EXTRACTED MATERIAL section start

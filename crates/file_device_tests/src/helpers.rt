//! Places of a test's own, and files of lines there.

ghost use Rattle.std.specs.Prelude.{true, IfSome};
ghost use Rattle.file_device.specs.Calls.{MayLeave, seen};
ghost use Rattle.line_log.specs.Log.{IsSettled};

use file_device::{DeviceFault, FileDevice, Opened, open};
use line_log::{FILE_MAX, LineLog, Taker, create, is_group, recover};
use std::alloc::AllocError;
use std::hash::{BuildHasher, RandomState};
use std::os::unix::fs::PermissionsExt;
use std::{fs, io};

pub const NONE: &[u8] = b"#pwstore 1\n#";

pub const GROUP: &[u8] = b"set\tbob\t$1$a$b\nset\tann\t$6\n";

pub const TWO: &[u8] = b"#pwstore 1\nset\tbob\t$1$a$b\nset\tann\t$6\n#";

/// A folder of a test's own, with nothing in it at first, the name of a file there, that of the new file beside it, and one
/// more name.
#[derive(Drop)]
pub struct Place {
    pub folder: String,
    pub name: String,
    pub new_name: String,
    pub other: String,
}

fn made(rt: &HostRuntime) -> io::Result<Place> {
    let key = RandomState::new(rt)?.hash_one(&0u8);
    let folder = format!(in rt.alloc(); "/tmp/file_device_{key:x}")?;
    fs::create_dir(rt, folder.as_str())?;
    Ok(Place {
        name: format!(in rt.alloc(); "{}/table", folder.as_str())?,
        new_name: format!(in rt.alloc(); "{}/.table.pwstore-new", folder.as_str())?,
        other: format!(in rt.alloc(); "{}/table.new", folder.as_str())?,
        folder,
    })
}

/// A new place.
pub fn new_place(rt: &HostRuntime) -> Option<Place> {
    made(rt).ok()
}

/// Takes the place away.
pub fn clear(rt: &HostRuntime, place: Place) -> bool {
    fs::remove_dir_all(rt, place.folder.as_str()).is_ok()
}

/// Writes a file with this mode.
pub fn write_as(rt: &HostRuntime, name: &str, bytes: &[u8], mode: u32) -> bool {
    fs::write(rt, name, bytes).is_ok()
        && fs::set_permissions(rt, name, PermissionsExt::from_mode(mode)).is_ok()
}

/// Writes a file that is its owner's alone.
pub fn write(rt: &HostRuntime, name: &str, bytes: &[u8]) -> bool {
    write_as(rt, name, bytes, 0o600)
}

/// Whether a file has these bytes.
pub fn has(rt: &HostRuntime, name: &str, bytes: &[u8]) -> bool {
    match fs::read(rt, name) {
        Ok(found) => found.as_slice() == bytes,
        Err(_) => false,
    }
}

/// Whether nothing has the name.
pub fn is_free(rt: &HostRuntime, name: &str) -> bool {
    fs::symlink_metadata(rt, name).is_err()
}

/// What takes every line.
#[derive(Drop)]
struct Every;

impl Taker for Every {
    ghost takes = { λ _ _. true };

    ghost after = { λ s _. s };

    fn take(&mut self, _line: &[u8]) -> Result<bool, AllocError> {
        Ok(true)
    }
}

/// Opens a file as a device.
pub fn opened<'a>(rt: &'a HostRuntime, name: &str) -> Option<FileDevice<'a>> {
    match open(rt, name) {
        Ok(Opened { device, .. }) => Some(device),
        Err(_) => None,
    }
}

/// Opens a file that is there, or makes one of no lines.
pub fn log<'a>(rt: &'a HostRuntime, name: &str) -> Option<LineLog<FileDevice<'a>>>
    ensures settled { IfSome result (λ log.
        IsSettled (λ d. seen d.record.calls) (λ d c. MayLeave d.record.calls c) log) }
{
    let Ok(
        Opened {
            mut device,
            bytes,
            is_there,
            is_shared: _,
        },
    ) = open(rt, name)
    else {
        return None;
    };
    let end = if is_there {
        recover(&mut device, &bytes, &mut Every).ok()?
    } else {
        create(&mut device, b"").ok()?
    };
    Some(LineLog { device, end })
}

/// Whether a file is opened, or made.
pub fn opens(rt: &HostRuntime, name: &str) -> bool {
    log(rt, name).is_some()
}

/// Adds a group, and tells whether it was added.
pub fn put(log: &mut LineLog<FileDevice<'_>>, group: &[u8]) -> bool
    requires settled { IsSettled (λ d. seen d.record.calls) (λ d c. MayLeave d.record.calls c) log.old }
{
    is_group(group) && log.has_room(group.len()) && log.put(group).is_ok()
}

/// Makes the file anew, and tells whether it was made.
pub fn rewrite(log: &mut LineLog<FileDevice<'_>>, group: &[u8]) -> bool
    requires settled { IsSettled (λ d. seen d.record.calls) (λ d c. MayLeave d.record.calls c) log.old }
{
    is_group(group) && group.len() <= FILE_MAX && log.rewrite(group).is_ok()
}

/// Makes a file of no lines by a device, and gives the cause where it isn't made.
pub fn made_by(device: &mut FileDevice<'_>) -> Option<DeviceFault> {
    let _ = create(device, b"");
    device.cause()
}

/// Opens a file, makes it anew, and gives the cause where it isn't made.
pub fn rewritten(rt: &HostRuntime, name: &str, group: &[u8]) -> Result<(), Option<DeviceFault>> {
    let Some(mut log) = log(rt, name) else {
        return Err(None);
    };
    if rewrite(&mut log, group) {
        Ok(())
    } else {
        Err(log.device.cause())
    }
}

/// Lines of so many bytes each.
pub fn lines_of(rt: &HostRuntime, lens: &[usize]) -> Option<Vec<u8>> {
    let mut lines = Vec::new(rt.alloc());
    for len in lens {
        add_line(&mut lines, *len).ok()?;
    }
    Some(lines)
}

/// A file of these lines.
pub fn file_of(rt: &HostRuntime, lens: &[usize]) -> Option<Vec<u8>> {
    let lines = lines_of(rt, lens)?;
    let mut file = b"#pwstore 1\n".to_vec(rt.alloc()).ok()?;
    file.extend_from_slice(&lines).ok()?;
    file.push(b'#').ok()?;
    Some(file)
}

// Adds a line of so many bytes.
fn add_line(file: &mut Vec<u8>, len: usize) -> Result<(), AllocError> {
    let end = file.len().saturating_add(len.saturating_sub(2));
    file.extend_from_slice(b"set\tlong\t")?;
    file.resize(end, b'x')?;
    file.extend_from_slice(b"y\n")?;
    Ok(())
}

EXTRACTED MATERIAL section end

◆ TO DO ◆
Write the data out again. Match it exactly.

◆ WRITTEN SOLUTION ◆
filename crates/file_device_tests/src/helpers.rt
//! Places of a test's own, and files of lines there.

ghost use Rattle.std.specs.Prelude.{true, IfSome};
ghost use Rattle.file_device.specs.Calls.{MayLeave, seen};
ghost use Rattle.line_log.specs.Log.{IsSettled};

use file_device::{DeviceFault, FileDevice, Opened, open};
use line_log::{FILE_MAX, LineLog, Taker, create, is_group, recover};
use std::alloc::AllocError;
use std::hash::{BuildHasher, RandomState};
use std::os::unix::fs::PermissionsExt;
use std::{fs, io};

pub const NONE: &[u8] = b"#pwstore 1\n#";

pub const GROUP: &[u8] = b"set\tbob\t$1$a$b\nset\tann\t$6\n";

pub const TWO: &[u8] = b"#pwstore 1\nset\tbob\t$1$a$b\nset\tann\t$6\n#";

/// A folder of a test's own, with nothing in it at first, the name of a file there, that of the new file beside it, and one
/// more name.
#[derive(Drop)]
pub struct Place {
    pub folder: String,
    pub name: String,
    pub new_name: String,
    pub other: String,
}

fn made(rt: &HostRuntime) -> io::Result<Place> {
    let key = RandomState::new(rt)?.hash_one(&0u8);
    let folder = format!(in rt.alloc(); "/tmp/file_device_{key:x}")?;
    fs::create_dir(rt, folder.as_str())?;
    Ok(Place {
        name: format!(in rt.alloc(); "{}/table", folder.as_str())?,
        new_name: format!(in rt.alloc(); "{}/.table.pwstore-new", folder.as_str())?,
        other: format!(in rt.alloc(); "{}/table.new", folder.as_str())?,
        folder,
    })
}

/// A new place.
pub fn new_place(rt: &HostRuntime) -> Option<Place> {
    made(rt).ok()
}

/// Takes the place away.
pub fn clear(rt: &HostRuntime, place: Place) -> bool {
    fs::remove_dir_all(rt, place.folder.as_str()).is_ok()
}

/// Writes a file with this mode.
pub fn write_as(rt: &HostRuntime, name: &str, bytes: &[u8], mode: u32) -> bool {
    fs::write(rt, name, bytes).is_ok()
        && fs::set_permissions(rt, name, PermissionsExt::from_mode(mode)).is_ok()
}

/// Writes a file that is its owner's alone.
pub fn write(rt: &HostRuntime, name: &str, bytes: &[u8]) -> bool {
    write_as(rt, name, bytes, 0o600)
}

/// Whether a file has these bytes.
pub fn has(rt: &HostRuntime, name: &str, bytes: &[u8]) -> bool {
    match fs::read(rt, name) {
        Ok(found) => found.as_slice() == bytes,
        Err(_) => false,
    }
}

/// Whether nothing has the name.
pub fn is_free(rt: &HostRuntime, name: &str) -> bool {
    fs::symlink_metadata(rt, name).is_err()
}

/// What takes every line.
#[derive(Drop)]
struct Every;

impl Taker for Every {
    ghost takes = { λ _ _. true };

    ghost after = { λ s _. s };

    fn take(&mut self, _line: &[u8]) -> Result<bool, AllocError> {
        Ok(true)
    }
}

/// Opens a file as a device.
pub fn opened<'a>(rt: &'a HostRuntime, name: &str) -> Option<FileDevice<'a>> {
    match open(rt, name) {
        Ok(Opened { device, .. }) => Some(device),
        Err(_) => None,
    }
}

/// Opens a file that is there, or makes one of no lines.
pub fn log<'a>(rt: &'a HostRuntime, name: &str) -> Option<LineLog<FileDevice<'a>>>
    ensures settled { IfSome result (λ log.
        IsSettled (λ d. seen d.record.calls) (λ d c. MayLeave d.record.calls c) log) }
{
    let Ok(
        Opened {
            mut device,
            bytes,
            is_there,
            is_shared: _,
        },
    ) = open(rt, name)
    else {
        return None;
    };
    let end = if is_there {
        recover(&mut device, &bytes, &mut Every).ok()?
    } else {
        create(&mut device, b"").ok()?
    };
    Some(LineLog { device, end })
}

/// Whether a file is opened, or made.
pub fn opens(rt: &HostRuntime, name: &str) -> bool {
    log(rt, name).is_some()
}

/// Adds a group, and tells whether it was added.
pub fn put(log: &mut LineLog<FileDevice<'_>>, group: &[u8]) -> bool
    requires settled { IsSettled (λ d. seen d.record.calls) (λ d c. MayLeave d.record.calls c) log.old }
{
    is_group(group) && log.has_room(group.len()) && log.put(group).is_ok()
}

/// Makes the file anew, and tells whether it was made.
pub fn rewrite(log: &mut LineLog<FileDevice<'_>>, group: &[u8]) -> bool
    requires settled { IsSettled (λ d. seen d.record.calls) (λ d c. MayLeave d.record.calls c) log.old }
{
    is_group(group) && group.len() <= FILE_MAX && log.rewrite(group).is_ok()
}

/// Makes a file of no lines by a device, and gives the cause where it isn't made.
pub fn made_by(device: &mut FileDevice<'_>) -> Option<DeviceFault> {
    let _ = create(device, b"");
    device.cause()
}

/// Opens a file, makes it anew, and gives the cause where it isn't made.
pub fn rewritten(rt: &HostRuntime, name: &str, group: &[u8]) -> Result<(), Option<DeviceFault>> {
    let Some(mut log) = log(rt, name) else {
        return Err(None);
    };
    if rewrite(&mut log, group) {
        Ok(())
    } else {
        Err(log.device.cause())
    }
}

/// Lines of so many bytes each.
pub fn lines_of(rt: &HostRuntime, lens: &[usize]) -> Option<Vec<u8>> {
    let mut lines = Vec::new(rt.alloc());
    for len in lens {
        add_line(&mut lines, *len).ok()?;
    }
    Some(lines)
}

/// A file of these lines.
pub fn file_of(rt: &HostRuntime, lens: &[usize]) -> Option<Vec<u8>> {
    let lines = lines_of(rt, lens)?;
    let mut file = b"#pwstore 1\n".to_vec(rt.alloc()).ok()?;
    file.extend_from_slice(&lines).ok()?;
    file.push(b'#').ok()?;
    Some(file)
}

// Adds a line of so many bytes.
fn add_line(file: &mut Vec<u8>, len: usize) -> Result<(), AllocError> {
    let end = file.len().saturating_add(len.saturating_sub(2));
    file.extend_from_slice(b"set\tlong\t")?;
    file.resize(end, b'x')?;
    file.extend_from_slice(b"y\n")?;
    Ok(())
}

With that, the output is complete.